CPF-associated phosphatase activity opposes condensin-mediated chromosome condensation

Affiliations

CPF-associated phosphatase activity opposes condensin-mediated chromosome condensation

Vincent Vanoosthuyse et al. PLoS Genet. .

Abstract

Functional links connecting gene transcription and condensin-mediated chromosome condensation have been established in species ranging from prokaryotes to vertebrates. However, the exact nature of these links remains misunderstood.
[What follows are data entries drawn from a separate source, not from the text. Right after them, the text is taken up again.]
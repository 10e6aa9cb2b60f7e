//! Texts in pieces.
ghost use Rattle.std.specs.Prelude.{◌≡◌, ◌<◌, ◌++◌, [], Some, OnOk, length};
ghost use Rattle.std.specs.Io.{ReadsAtMost};
ghost use Rattle.std.specs.Io.KnownBytes.{ReadConsumes};
ghost use Rattle.fq_csv.specs.Pieces.{AreFilled, bytes_of};

use std::alloc::{AllocError, Global};
use std::collections::VecDeque;
use std::io;
use std::io::Read;
use std::marker::Model;

// How many bytes a piece has at most: so many that the C library takes each such piece from the system by itself, and gives it back at
// once. Among others it could keep what was freed.
const PIECE: usize = 33_554_432;

/// A text in pieces, each of which is freed as soon as it was read.
#[derive(Drop)]
pub(crate) struct Pieces {
    alloc: Global,
    /// The piece that is read next.
    first: Vec<u8>,
    /// How many bytes of it were read.
    at: usize,
    /// The pieces after it.
    rest: VecDeque<Vec<u8>>,
}

impl Model for Pieces {
    ghost use Rattle.std.specs.Prelude.{ℕ, List, ◌++◌, drop};
    ghost use Rattle.fq_csv.specs.Pieces.{IsSound, bytes_of};

    ghost Value = { List ℕ };

    ghost view = { λ p. drop p.at p.first.items ++ bytes_of p.rest.items };

    ghost invariant = { λ p. IsSound p.first.items p.at p.rest.items };
}

impl Pieces {
    /// No text. It allocates nothing.
    pub(crate) fn new(alloc: Global) -> Pieces
        ensures { result ≡ [] }
    {
        Pieces {
            alloc,
            first: Vec::new(alloc),
            at: 0,
            rest: VecDeque::new(alloc),
        }
    }

    /// Adds bytes at the end.
    pub(crate) fn add(&mut self, bytes: &[u8]) -> Result<(), AllocError>
        ensures { OnOk result (self.new ≡ self.old ++ bytes.now) }
    {
        let mut rest = bytes;
        while !rest.is_empty() {
            let len = rest.len().min(PIECE);
            let piece = Vec::from_slice(self.alloc, &rest[..len])?;
            self.push(piece)?;
            rest = &rest[len..];
        }
        Ok(())
    }

    // Adds a piece at the end.
    fn push(&mut self, piece: Vec<u8>) -> Result<(), AllocError>
        requires { 0 < length piece.items }
        ensures { OnOk result (self.new ≡ self.old ++ piece.items) }
    {
        if self.at == self.first.len() {
            self.first = piece;
            self.at = 0;
            return Ok(());
        }
        self.rest.push_back(piece)?;
        Ok(())
    }
}

impl Read for Pieces {
    ghost remaining = { λ p. Some p };

    fn read(&mut self, buffer: &mut [u8]) -> io::Result<usize>
        ensures bound { ReadsAtMost result buffer.new }
        ensures bytes { ReadConsumes (Some self.old) (Some self.new) result buffer.new }
    {
        let mut part = &self.first[self.at..];
        let count = part.read(buffer)?;
        self.at += count;
        if self.at == self.first.len() {
            self.first = next_piece(self.alloc, &mut self.rest);
            self.at = 0;
        }
        Ok(count)
    }
}

// Takes the first of some pieces. If there is none, this is an empty one.
fn next_piece(alloc: Global, pieces: &mut VecDeque<Vec<u8>>) -> Vec<u8>
    requires { AreFilled pieces.old.items }
    ensures filled { AreFilled pieces.new.items }
    ensures bytes { bytes_of pieces.old.items ≡ result.items ++ bytes_of pieces.new.items }
    ensures over { length result.items ≡ 0 → bytes_of pieces.new.items ≡ [] }
{
    match pieces.pop_front() {
        Some(piece) => piece,
        None => Vec::new(alloc),
    }
}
Here we show in fission yeast that the 3' end RNA processing factor Swd2.2, a component of the Cleavage and Polyadenylation Factor (CPF), is a negative regulator of condensin-mediated chromosome condensation. Lack of Swd2.2 does not affect the assembly of the CPF but reduces its association with chromatin. This causes only limited, context-dependent effects on gene expression and transcription termination. However, CPF-associated Swd2.2 is required for the association of Protein Phosphatase 1 PP1(Dis2) with chromatin, through an interaction with Ppn1, a protein that we identify as the fission yeast homologue of vertebrate PNUTS. We demonstrate that Swd2.2, Ppn1 and PP1Dis2 form an independent module within the CPF, which provides an essential function in the absence of the CPF-associated Ssu72 phosphatase. We show that Ppn1 and Ssu72, like Swd2.2, are also negative regulators of condensin-mediated chromosome condensation. We conclude that Swd2.2 opposes condensin-mediated chromosome condensation by facilitating the function of the two CPF-associated phosphatases PP1 and Ssu72.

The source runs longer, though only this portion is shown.